I have suspected for a long time that parachurch groups operating at universities "steal" students who might otherwise spend their time at local church congregations. These organizations are often lead by full-time staff, but I doubt they are Biblically ordained or are required to subscribe to any comprehensive system of doctrine. Meetings include teaching/preaching, praise, and prayer, but no sacraments. Although groups aimed at graduate students exist, ones that cater to primarily undergraduates are _highly_ segregated by age, with 95% of attendees between 18-22 years old.

While I can understand the appeal of seeking Christian fellowship among like individuals (such as having academics or sports in common), the profile of such groups is substantially different from the interactions described in the Bible. The Bible tells us how to organize ourselves, and I see little value in such groups beyond what every church congregation should offer.


----------



## jwithnell (Mar 17, 2014)

God has given his elect all they need in his church before and after they come to know Christ. The church provides a profound unity by calling unbelievers, faithfully preaching to the visible and invisible church, and providing the essential nutrients by the means of grace at all stages of physical and spiritual life.
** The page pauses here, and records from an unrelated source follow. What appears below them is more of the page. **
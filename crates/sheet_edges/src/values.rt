// Each value one below, at and one above its range.
use crate::sheets::each;
use std::io;

pub(crate) fn common_part(rt: &impl Print) -> io::Result<()> {
    each(rt, "fscod", 3, &[0, 2, 3, 255])?;
    each(rt, "lfe", 5, &[2, 255])?;
    each(rt, "sdcycod", 6, &[0, 3, 4])?;
    each(rt, "fdcycod", 7, &[0, 3, 4])?;
    each(rt, "sgaincod", 8, &[0, 3, 4])?;
    each(rt, "dbpbcod", 9, &[0, 3, 4])?;
    each(rt, "floorcod", 10, &[0, 7, 8])?;
    each(rt, "csnroffst", 11, &[0, 63, 64, 255])
}

// Of channel 0, and of the eighth segment of channel 1.
pub(crate) fn records(rt: &impl Print) -> io::Result<()> {
    each(
        rt,
        "end",
        13,
        &[0, 7, 34, 36, 37, 38, 39, 40, 250, 251, 252, 253, 254, 255],
    )?;
    each(rt, "block 0 strategy", 14, &[0, 1, 2, 3, 4])?;
    each(rt, "block 1 strategy", 15, &[0, 3, 4])?;
    each(rt, "block 2 strategy", 16, &[0, 3, 4])?;
    each(rt, "block 3 strategy", 17, &[0, 3, 4])?;
    each(rt, "block 4 strategy", 18, &[0, 3, 4])?;
    each(rt, "block 5 strategy", 19, &[0, 3, 4, 255])?;
    each(rt, "fsnroffst", 20, &[0, 15, 16])?;
    each(rt, "fgaincod", 21, &[0, 7, 8])?;
    each(rt, "offst", 23, &[0, 31, 32])?;
    each(rt, "len", 24, &[0, 15, 16])?;
    each(rt, "ba", 25, &[0, 7, 8])?;
    each(rt, "offst of the eighth segment", 58, &[0, 31, 32])?;
    each(rt, "len of the eighth segment", 59, &[0, 15, 16])?;
    each(rt, "ba of the eighth segment", 60, &[0, 7, 8])
}

// The LFE has end 7, strategies 0 or 1, block 0 never 0.
pub(crate) fn lfe(rt: &impl Print) -> io::Result<()> {
    each(rt, "LFE end", 62, &[6, 7, 8, 37])?;
    each(rt, "LFE block 0 strategy", 63, &[0, 1, 2, 3])?;
    each(rt, "LFE block 3 strategy", 66, &[0, 1, 2, 3])?;
    each(rt, "LFE block 5 strategy", 68, &[0, 1, 2, 3])?;
    each(rt, "LFE fsnroffst", 69, &[0, 15, 16])?;
    each(rt, "LFE fgaincod", 70, &[0, 7, 8])
}
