// The edges of the sheet check, document 01, "The track sheet" and "Edges", and document 02, W1: a line for each case, with the number of
// the answer. What must be printed is worked out by scripts/sheet-edges-stdout, from these documents alone.
#![tactic(auto)]

pub mod channels;
pub mod order;
pub mod sheets;
pub mod structure;
pub mod values;

use std::io;

fn main(rt: HostRuntime) -> io::Result<()> {
    structure::heads(&rt)?;
    structure::cuts(&rt)?;
    structure::segment_counts(&rt)?;
    structure::long_sheets(&rt)?;
    structure::two_faults(&rt)?;
    values::common_part(&rt)?;
    values::records(&rt)?;
    values::lfe(&rt)?;
    channels::counts(&rt)?;
    channels::each_once(&rt)?;
    channels::lfe(&rt)?;
    order::places_of_the_lfe(&rt)?;
    order::not_each_once(&rt)?;
    order::other_faults(&rt)?;
    order::every_order(&rt)
}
To extract the gospel from this setting is, in my mind, a travesty.


----------



## Contra_Mundum (Mar 17, 2014)

Matthew,
opc.org gives back two pages of hits on "parachurch" using the site search feature (see lowest right corner of main page). Possibly some articles from "Ordained Servant" (see 2nd page) will give you some of the sentiment from within our church (which seems to share your general outlook).


----------



## yeutter (Mar 17, 2014)

We have seen a troubling shift in para-church groups. When I was a freshman in the University, Intervarsity Christian Fellowship and Navigators did not view the Church of Rome as a true Church. Now they seem to have not problem with the Roman Communion


----------



## thbslawson (Mar 18, 2014)

A a Christian who works with a para-church organization I obviously have no problem with it fundamentally. Each missionary with our organization must be sent out by and under the authority of a local church. Our organization provides a structured environment for cooperation and mutual encouragement.


----------



## Rangerus (Mar 18, 2014)

do internet discussion forums interfere or undermine mainstream news sources?


----------



## KMK (Mar 18, 2014)

armourbearer said:


> some of the weakness of the local church today can at least in part be attributed to the rise of other agencies in which people are seeking and finding Christian nurture.



Or, in many cases it is the other way around. Many people turn to parachurch organizations for nurture because their local church has turned its back on edification in favor of church growth.


----------



## Pergamum (Mar 18, 2014)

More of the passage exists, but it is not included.